WHAT YOU HAVE TO DO: The expected output is each entry, given again exactly.
* * * * * * *
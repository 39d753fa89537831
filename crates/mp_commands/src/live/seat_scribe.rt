//! How replies of seats are written.
ghost use Rattle.std.specs.Prelude.{◌≡◌};
ghost use Rattle.mp_streams.specs.Outgoing.{Writes};
ghost use Rattle.mp_commands.specs.live.SeatReplies.{asks_for_work, asked_edits, no_work_text, seat_reply};

use crate::answers::{
    Snapshot, put_accepted, put_answer, put_coded, put_refused, put_too_long, put_unread,
};
use crate::live::signed_edits::put_signed;
use mp_depend::Work;
use mp_phase::Crew;
use mp_seats::{Reply, ReplyWriter};
use mp_streams::{Failed, Out, Sink, WriteError};
use mp_text::Question;
use mp_version::Version;
use std::alloc::Global;
use std::sync::Wait;
use std::thread::Threads;

/// Writes the replies of seats as `play` writes them, with the crew that looks at versions. Each line of `edits` ends with who made the edit. A
/// version doesn't keep what was evaluated for its last edit: the question `work` is answered `refused 23 NoWork`. An edit at a seat that can't edit
/// is answered `refused 22 NotADesigner`, and one that can't be kept `refused 24 NotKept`.
#[derive(Clone, Copy)]
pub struct SeatScribe {
    pub alloc: Global,
    pub crew: Crew,
}

impl ReplyWriter for SeatScribe {
    ghost use Rattle.mp_commands.specs.live.SeatReplies.{seat_answer, seat_reply};

    ghost answer_text = { seat_answer };

    ghost reply_text = { seat_reply };

    fn put_answer<R: Threads + Wait + Sync, T: Sink>(
        &self,
        rt: &R,
        out: &mut Out<T>,
        version: &Version,
        authors: &[usize],
        question: &Question,
    ) -> Result<(), WriteError> {
        if asks_for_work(question) {
            return Ok(put_no_work(out)?);
        }
        if let Some(from) = asked_edits(question) {
            return Ok(put_signed(out, version, authors, from)?);
        }
        let work = Work::none(self.alloc);
        let of = Snapshot {
            version,
            work: &work,
            crew: self.crew,
        };
        put_answer(rt, self.alloc, out, &of, question)
    }

    fn put_reply<T: Sink>(&self, out: &mut Out<T>, reply: &Reply) -> Result<(), WriteError> {
        Ok(put_any(out, *reply)?)
    }
}

/// Whether it asks for what was evaluated for the last edit.
fn asks_for_work(question: &Question) -> bool
    ensures { result ≡ asks_for_work question.now }
{
    matches!(question, Question::Work)
}

/// From which number on it asks for the accepted edits, if it asks for these.
fn asked_edits(question: &Question) -> Option<u64>
    ensures { result ≡ asked_edits question.now }
{
    match question {
        Question::Edits { from } => Some(*from),
        _ => None,
    }
}

/// Writes a reply.
fn put_any<T: Sink>(out: &mut Out<T>, reply: Reply) -> Result<(), Failed>
    ensures { Writes result out.old out.new (seat_reply reply) }
{
    match reply {
        Reply::Accepted(number) => put_accepted(out, number),
        Reply::Refused(error) => put_refused(out, error),
        Reply::NotADesigner => put_coded(out, &"refused ", 22, "NotADesigner"),
        Reply::NotKept => put_coded(out, &"refused ", 24, "NotKept"),
        Reply::Unread(error) => put_unread(out, error),
        Reply::TooLong => put_too_long(out),
    }
}

/// Writes that the work of an edit isn't known at a seat.
fn put_no_work<T: Sink>(out: &mut Out<T>) -> Result<(), Failed>
    ensures { Writes result out.old out.new no_work_text }
{
    put_coded(out, &"refused ", 23, "NoWork")
}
* * * * * * *
RESULT OF THIS EXERCISE:
repository 39d753fa89537831
filename crates/mp_commands/src/live/seat_scribe.rt
//! How replies of seats are written.
ghost use Rattle.std.specs.Prelude.{◌≡◌};
ghost use Rattle.mp_streams.specs.Outgoing.{Writes};
ghost use Rattle.mp_commands.specs.live.SeatReplies.{asks_for_work, asked_edits, no_work_text, seat_reply};

use crate::answers::{
    Snapshot, put_accepted, put_answer, put_coded, put_refused, put_too_long, put_unread,
};
use crate::live::signed_edits::put_signed;
use mp_depend::Work;
use mp_phase::Crew;
use mp_seats::{Reply, ReplyWriter};
use mp_streams::{Failed, Out, Sink, WriteError};
use mp_text::Question;
use mp_version::Version;
use std::alloc::Global;
use std::sync::Wait;
use std::thread::Threads;

/// Writes the replies of seats as `play` writes them, with the crew that looks at versions. Each line of `edits` ends with who made the edit. A
/// version doesn't keep what was evaluated for its last edit: the question `work` is answered `refused 23 NoWork`. An edit at a seat that can't edit
/// is answered `refused 22 NotADesigner`, and one that can't be kept `refused 24 NotKept`.
#[derive(Clone, Copy)]
pub struct SeatScribe {
    pub alloc: Global,
    pub crew: Crew,
}

impl ReplyWriter for SeatScribe {
    ghost use Rattle.mp_commands.specs.live.SeatReplies.{seat_answer, seat_reply};

    ghost answer_text = { seat_answer };

    ghost reply_text = { seat_reply };

    fn put_answer<R: Threads + Wait + Sync, T: Sink>(
        &self,
        rt: &R,
        out: &mut Out<T>,
        version: &Version,
        authors: &[usize],
        question: &Question,
    ) -> Result<(), WriteError> {
        if asks_for_work(question) {
            return Ok(put_no_work(out)?);
        }
        if let Some(from) = asked_edits(question) {
            return Ok(put_signed(out, version, authors, from)?);
        }
        let work = Work::none(self.alloc);
        let of = Snapshot {
            version,
            work: &work,
            crew: self.crew,
        };
        put_answer(rt, self.alloc, out, &of, question)
    }

    fn put_reply<T: Sink>(&self, out: &mut Out<T>, reply: &Reply) -> Result<(), WriteError> {
        Ok(put_any(out, *reply)?)
    }
}

/// Whether it asks for what was evaluated for the last edit.
fn asks_for_work(question: &Question) -> bool
    ensures { result ≡ asks_for_work question.now }
{
    matches!(question, Question::Work)
}

/// From which number on it asks for the accepted edits, if it asks for these.
fn asked_edits(question: &Question) -> Option<u64>
    ensures { result ≡ asked_edits question.now }
{
    match question {
        Question::Edits { from } => Some(*from),
        _ => None,
    }
}

/// Writes a reply.
fn put_any<T: Sink>(out: &mut Out<T>, reply: Reply) -> Result<(), Failed>
    ensures { Writes result out.old out.new (seat_reply reply) }
{
    match reply {
        Reply::Accepted(number) => put_accepted(out, number),
        Reply::Refused(error) => put_refused(out, error),
        Reply::NotADesigner => put_coded(out, &"refused ", 22, "NotADesigner"),
        Reply::NotKept => put_coded(out, &"refused ", 24, "NotKept"),
        Reply::Unread(error) => put_unread(out, error),
        Reply::TooLong => put_too_long(out),
    }
}

/// Writes that the work of an edit isn't known at a seat.
fn put_no_work<T: Sink>(out: &mut Out<T>) -> Result<(), Failed>
    ensures { Writes result out.old out.new no_work_text }
{
    put_coded(out, &"refused ", 23, "NoWork")
}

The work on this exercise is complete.